An official package of £5.5 million includes £3 million to help spot and tackle child labour and build capacity to end the practice in Bangladesh, Pakistan and India.
Some £2 million will strengthen law enforcement agencies' abilities in India, Sri Lanka, Malawi and Zambia while £500,000 will support new legislation in nine Commonwealth countries.
Mr Forrest, an Australian philanthropist and business leader in the mining sector, added: "It is certainly very much a step in the right direction.
"We are delighted that the UK continues to show leadership here.
"It is not enormous but a trend is a trend.
"The fact that the British Government are prepared to step up and do this is fantastic."

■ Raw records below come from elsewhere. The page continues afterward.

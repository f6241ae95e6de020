//! Laws of what extraction writes. Each function has an empty body, and its contract is the law.
#![tactic(auto)]

ghost use Rattle.std.specs.Prelude.{◌≡◌, ℕ, List, map};
ghost use Rattle.mv_pictures.specs.Decoding.{Decoded, out};
ghost use Rattle.mv_rebuild.specs.Parts.{Part};
ghost use Rattle.mv_rebuild.specs.Value.{value};
ghost use Rattle.mv_extract.specs.Commutes.{Commutes, units_in};

/// By whatever way pictures are rebuilt from their parts, an extract that was written has the output pictures of the whole for the
/// set, in the same order.
pub fn an_extract_has_the_same_pictures<P>()
    ensures { (rebuild : List (Part P) → P) (o : ℕ) (taken written : List ℕ) → Commutes o taken written →
        map (λ (d : Decoded). value rebuild d.term) (out (units_in written) o) ≡ map (λ (d : Decoded). value rebuild d.term) (out (units_in taken) o) }
{}
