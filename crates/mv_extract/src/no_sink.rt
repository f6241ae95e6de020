//! Where nothing is written.
#![tactic(auto)]

ghost use Rattle.std.specs.Prelude.{None};

use mv_io::{Sink, SinkFailed};

// Takes all bytes, keeps none, and never fails.
#[derive(Clone, Copy, Debug)]
pub struct NoSink;

impl Sink for NoSink {
    ghost state = { λ _. record { taken = None; faults = 0 } };

    fn write(&mut self, piece: &[u8]) -> Result<usize, SinkFailed> {
        Ok(piece.len())
    }
}
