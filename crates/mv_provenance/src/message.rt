//! A message on its way into a SHA-256, with the number of its bytes.

ghost use Rattle.std.specs.Prelude.{◌≡◌, ◌+◌, ◌^◌, min, ℕ, List, [], ◌++◌};
ghost use Rattle.mv_provenance.specs.Message.{Fed, digest_of};

use sha2::{Digest, Sha256};

/// A message of so many bytes or more has no SHA-256 (FIPS 180-4): its length in bits has more than 64 of them.
const TOO_LONG: u64 = 0x2000_0000_0000_0000;

/// The bytes of a message so far, and their number, which stands still at 2^61.
#[derive(Drop)]
pub struct Message {
    hasher: Sha256,
    length: u64,
}

impl Message {
    /// A message of no bytes.
    pub fn new() -> Message
        ensures empty { Fed result [] }
    {
        Message {
            hasher: Sha256::new(),
            length: 0,
        }
    }

    /// Adds bytes at the end.
    pub fn add(&mut self, bytes: &[u8])
        ensures added { (message : List ℕ) → Fed self.old message → Fed self.new (message ++ bytes.now) }
    {
        self.hasher.update(bytes);
        self.length = longer(self.length, bytes.len());
    }

    /// The SHA-256 of the message, or 32 zero bytes where it has 2^61 bytes or more.
    pub fn finish(self) -> [u8; 32]
        ensures digest { (message : List ℕ) → Fed self message → result ≡ digest_of message }
    {
        if self.length < TOO_LONG {
            self.hasher.finalize()
        } else {
            [0; 32]
        }
    }
}

// A number of bytes and more of them, which stands still at 2^61.
fn longer(length: u64, more: usize) -> u64
    ensures { result ≡ min (length + more) (2 ^ 61) }
{
    length.saturating_add(more as u64).min(TOO_LONG)
}
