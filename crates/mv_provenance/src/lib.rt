//! Provenance digests: each picture is the SHA-256 of all that it is decoded from, and the output pictures are written as
//! lines of text. No call takes memory.
#![tactic(auto)]

mod bound;
mod digest;
mod digest2;
mod digest_viewer;
mod line;
mod message;
mod parts;
mod sum_viewer;
#[cfg(test)]
mod tests;

pub use bound::{Bound2, Digest2};
pub use digest::{Digest32, DigestRebuild};
pub use digest_viewer::DigestViewer;
pub use digest2::DigestRebuild2;
pub use message::Message;
pub use sum_viewer::SumViewer;
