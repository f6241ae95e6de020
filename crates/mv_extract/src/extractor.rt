//! The visitor that keeps the units of an output layer set.
#![tactic(auto)]

use crate::accepting::{accept, close};
use crate::error::WorkFault;
use mv_bytestream::{Found, frame};
use mv_engine::{Ending, Visitor};
use mv_io::Sink;
use mv_rebuild::NoPictures;
use mv_walk::{Totals, Walker};
use std::marker::PhantomData;

// Tries all rules on each unit, and writes the kept ones on a sink, framed, each once it was accepted. Holds the totals once the
// end was taken.
#[derive(Drop)]
pub struct Extractor<K> {
    pub walker: Walker<NoPictures>,
    pub totals: Totals,
    pub sink: PhantomData<K>,
}

impl<K: Sink> Visitor for Extractor<K> {
    ghost use Rattle.mv_walk.specs.Standing.{Stands};
    ghost use Rattle.mv_extract.specs.Extractor.{extractor, extractor-begins};
    ghost use Rattle.mv_extract.specs.Task.{working};

    type Out = K;

    type Fault = WorkFault;

    ghost meaning = { working K.state (extractor (λ v. v.walker.asked) (λ v us. Stands v.walker us) (λ v. v.totals)) };

    fn unit(
        &mut self,
        number: u64,
        found: &Found<'_>,
        out: &mut K,
    ) -> Result<(), Ending<WorkFault>> {
        let _ = number;
        let kept = match accept(&mut self.walker, found) {
            Ok(kept) => kept,
            Err(ending) => return Err(ending),
        };
        if !kept {
            return Ok(());
        }
        match frame(out, found.unit) {
            Ok(()) => Ok(()),
            Err(_) => Err(Ending::Fault(WorkFault::Write)),
        }
    }

    fn end(&mut self, out: &mut K) -> Result<(), Ending<WorkFault>> {
        let _ = out;
        match close(&mut self.walker) {
            Ok(totals) => {
                self.totals = totals;
                Ok(())
            }
            Err(ending) => Err(ending),
        }
    }

    ghost begins = { λ start first opens. extractor-begins K.state (λ v. v.walker.asked) (λ v us. Stands v.walker us) (λ v. v.totals) start first opens };
}
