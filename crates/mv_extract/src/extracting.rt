//! Extraction for an output layer set, and the check of a whole stream.
#![tactic(auto)]

ghost use Rattle.std.specs.Prelude.{ℕ, ◌≡◌, ◌≢◌, ◌≤◌, [], Err, IfOk};
ghost use Rattle.mv_bytestream.specs.Scan.{StandsFor, nothing_fed};
ghost use Rattle.mv_io.specs.Call.{input_of, output_of};
ghost use Rattle.mv_judging.specs.Format.{byte_stream};
ghost use Rattle.mv_pictures.specs.Verdict.{pictures};
ghost use Rattle.mv_walk.specs.Standing.{Stands};
ghost use Rattle.mv_extract.specs.Answers.{Answers, LacksOnly, Settles};
ghost use Rattle.mv_extract.specs.declared.error.ExtractError as ExtractError;
ghost use Rattle.mv_extract.specs.Commutes.{Extracted};
ghost use Rattle.mv_extract.specs.Text.{checking, extraction, no_sink, total};

use crate::error::ExtractError;
use crate::extractor::Extractor;
use crate::no_sink::NoSink;
use mv_bytestream::Scanner;
use mv_engine::drive;
use mv_io::{Sink, Source};
use mv_rebuild::NoPictures;
use mv_walk::{Totals, Walker};
use std::alloc::Global;
use std::marker::PhantomData;

/// No unit was counted yet.
const NOTHING: Totals = Totals {
    units: 0,
    kept: 0,
    pictures: 0,
    sequences: 0,
    layers: 0,
    sets: 0,
};

/// Extracts the sub-bitstream of output layer set `ols` (F.10.1, this project's profile), as a stream: reads at most `limit`
/// bytes of the input in pieces of at most 65,536 bytes, tries all rules on each unit, and writes each unit that is kept behind the
/// bytes `00 00 00 01`, unchanged. A unit is kept where layer 0 or a necessary layer of the set has it, by the video parameter
/// set in force, and where none is in force yet. Answers how many units there are and how many of them are kept, and how many
/// decoded pictures, coded video sequences, layers and output layer sets.
///
/// What was written of an accepted stream is accepted in turn, and its output pictures of the set are those of the whole, in
/// the same order.
///
/// It keeps no more of the input than one piece and one unit. A unit is written once it was taken whole and accepted, and
/// the next piece is read once all units that were taken whole are written. Where `limit` bytes were taken and
/// they show nothing, one byte more is asked for.
///
/// # Errors
///
/// `Refused` where a rule refuses the stream, in the piece whose bytes show it: the kept units before the refused one were
/// written. `NoSuchSet` where a video parameter set, the first or a changed one, was accepted that hasn't set `ols`, in the
/// piece whose bytes show it: the kept units before it were written. `Read` only where the source's count of faults rose in
/// this call: the kept units that were taken whole were written. `Write` only where the sink's count rose: the first bytes of
/// the kept units that were taken whole and accepted were written. `TooLong` exactly where `limit` bytes were taken, they show
/// nothing, and the source gave another: the kept units that they hold whole were written. `Memory` where the allocator refused
/// memory.
pub fn extract<S: Source, K: Sink>(
    alloc: Global,
    source: &mut S,
    limit: u64,
    ols: u32,
    sink: &mut K,
) -> Result<Totals, ExtractError>
    ensures answers { Answers byte_stream (extraction ols) (total ols) limit
        (input_of (S.state source.old) (S.state source.new))
        (output_of (K.state sink.old) (K.state sink.new))
        result }
    ensures settles { Settles byte_stream (pictures ols) limit
        (input_of (S.state source.old) (S.state source.new))
        (output_of (K.state sink.old) (K.state sink.new))
        result }
    ensures lacks { LacksOnly ols result }
    ensures commutes { IfOk result (λ totals. Extracted ols limit
        (input_of (S.state source.old) (S.state source.new))
        (output_of (K.state sink.old) (K.state sink.new))) }
    ensures source_count { (S.state source.old).faults ≤ (S.state source.new).faults }
    ensures sink_count { (K.state sink.old).faults ≤ (K.state sink.new).faults }
{
    let mut scanner = match Scanner::new(alloc) {
        Ok(scanner) => scanner,
        Err(_) => return Err(ExtractError::Memory),
    };
    let walker = match Walker::new(alloc, ols) {
        Ok(walker) => walker,
        Err(_) => return Err(ExtractError::Memory),
    };
    let mut visitor = Extractor {
        walker,
        totals: NOTHING,
        sink: PhantomData,
    };
    extract_by(alloc, source, limit, &mut scanner, &mut visitor, sink)
}

// Extracts by a visitor whose walker has walked nothing.
fn extract_by<S: Source, K: Sink>(
    alloc: Global,
    source: &mut S,
    limit: u64,
    scanner: &mut Scanner,
    visitor: &mut Extractor<K>,
    sink: &mut K,
) -> Result<Totals, ExtractError>
    requires made { scanner.old ≡ nothing_fed }
    requires stands { StandsFor scanner.old [] }
    requires begins { Stands visitor.old.walker [] }
    ensures answers { Answers byte_stream (extraction visitor.old.walker.asked) (total visitor.old.walker.asked) limit
        (input_of (S.state source.old) (S.state source.new))
        (output_of (K.state sink.old) (K.state sink.new))
        result }
    ensures settles { Settles byte_stream (pictures visitor.old.walker.asked) limit
        (input_of (S.state source.old) (S.state source.new))
        (output_of (K.state sink.old) (K.state sink.new))
        result }
    ensures lacks { LacksOnly visitor.old.walker.asked result }
    ensures commutes { IfOk result (λ totals. Extracted visitor.old.walker.asked limit
        (input_of (S.state source.old) (S.state source.new))
        (output_of (K.state sink.old) (K.state sink.new))) }
    ensures source_count { (S.state source.old).faults ≤ (S.state source.new).faults }
    ensures sink_count { (K.state sink.old).faults ≤ (K.state sink.new).faults }
{
    match drive(alloc, source, limit, scanner, visitor, sink) {
        Ok(()) => Ok(visitor.totals),
        Err(error) => Err(ExtractError::of(error)),
    }
}

/// Checks a stream: as `extract` of output layer set 0, which every video parameter set has, but nothing is written, and so no
/// write fails.
///
/// # Errors
///
/// `Refused` where a rule refuses the stream, in the piece whose bytes show it. `Read` only where the source's count of faults
/// rose in this call. `TooLong` exactly where `limit` bytes were taken, they show nothing, and the source gave another. `Memory`
/// where the allocator refused memory.
pub fn check<S: Source>(alloc: Global, source: &mut S, limit: u64) -> Result<Totals, ExtractError>
    ensures answers { Answers byte_stream checking (total 0) limit
        (input_of (S.state source.old) (S.state source.new)) no_sink
        result }
    ensures settles { Settles byte_stream (pictures 0) limit
        (input_of (S.state source.old) (S.state source.new)) no_sink
        result }
    ensures has_set { (asked count : ℕ) → result ≢ Err (ExtractError.NoSuchSet asked count) }
    ensures source_count { (S.state source.old).faults ≤ (S.state source.new).faults }
{
    extract(alloc, source, limit, 0, &mut NoSink)
}
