//! Output pictures as the digest of their lines.

ghost use Rattle.std.specs.Prelude.{◌≡◌, ℕ, List, []};
ghost use Rattle.mv_provenance.specs.Message.{digest_of};
ghost use Rattle.mv_provenance.specs.Showing.{Sums};

use crate::bound::Digest2;
use crate::digest::Digest32;
use crate::line::line_of;
use crate::message::Message;
use mv_dpb::Shown;
use mv_rebuild::{ViewFailed, Viewer};

/// Puts a line for each picture that it is shown, as `DigestViewer` writes it, into a SHA-256. It never fails.
#[derive(Drop)]
pub struct SumViewer {
    lines: Message,
}

impl SumViewer {
    /// A viewer that was shown no picture.
    pub fn new() -> SumViewer
        ensures empty { Sums result [] }
    {
        SumViewer {
            lines: Message::new(),
        }
    }

    /// The SHA-256 of all lines, or 32 zero bytes where they have 2^61 bytes or more.
    pub fn finish(self) -> [u8; 32]
        ensures digest { (text : List ℕ) → Sums self text → result ≡ digest_of text }
    {
        self.lines.finish()
    }
}

impl Viewer<Digest32> for SumViewer {
    ghost use Rattle.mv_provenance.specs.Showing.{lines_summed};

    ghost viewing = { lines_summed (λ pic. pic.bytes) };

    /// Adds the picture's line. It never fails.
    fn show(&mut self, shown: &Shown, pic: &Digest32) -> Result<(), ViewFailed> {
        self.lines.add(line_of(shown, &pic.bytes).as_slice());
        Ok(())
    }
}

impl Viewer<Digest2> for SumViewer {
    ghost use Rattle.mv_provenance.specs.Showing.{lines_summed};

    ghost viewing = { lines_summed (λ pic. pic.bytes) };

    /// Adds the picture's line. It never fails.
    fn show(&mut self, shown: &Shown, pic: &Digest2) -> Result<(), ViewFailed> {
        self.lines.add(line_of(shown, &pic.bytes).as_slice());
        Ok(())
    }
}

This week he launched the Foundation's Towards a Common Future report at Australia House in London and said even the largest British companies had not been exempt from the problem in the past.
The use of anti-modern slavery legislation has made it more difficult for companies to remain unaware of what is happening in their supply chains, Mr Forrest said.
The Foundation's report urged the Commonwealth nations to criminalise all forms of exploitation and set appropriate penalties.
It said the minimum age for legal marriage should be raised to 18 and laws should be strengthened to protect labour rights.
It also urged that more be done to train and adequately resource law enforcement and better training of support workers to identify victims.
Mr Forrest added: "The truth is that ordinary people everywhere in the world, including the UK, unwittingly come into contact with victims of modern slavery every day - we might walk past a little girl trapped in a forced marriage, a hotel cleaner that has had her passport confiscated, or touch this crime through the clothes and products made through illegal forced labour that we use every day.
"Given the strength and moral standing of the Commonwealth, we cannot stand idly by while over 40 million people remain victims of modern slavery around the world."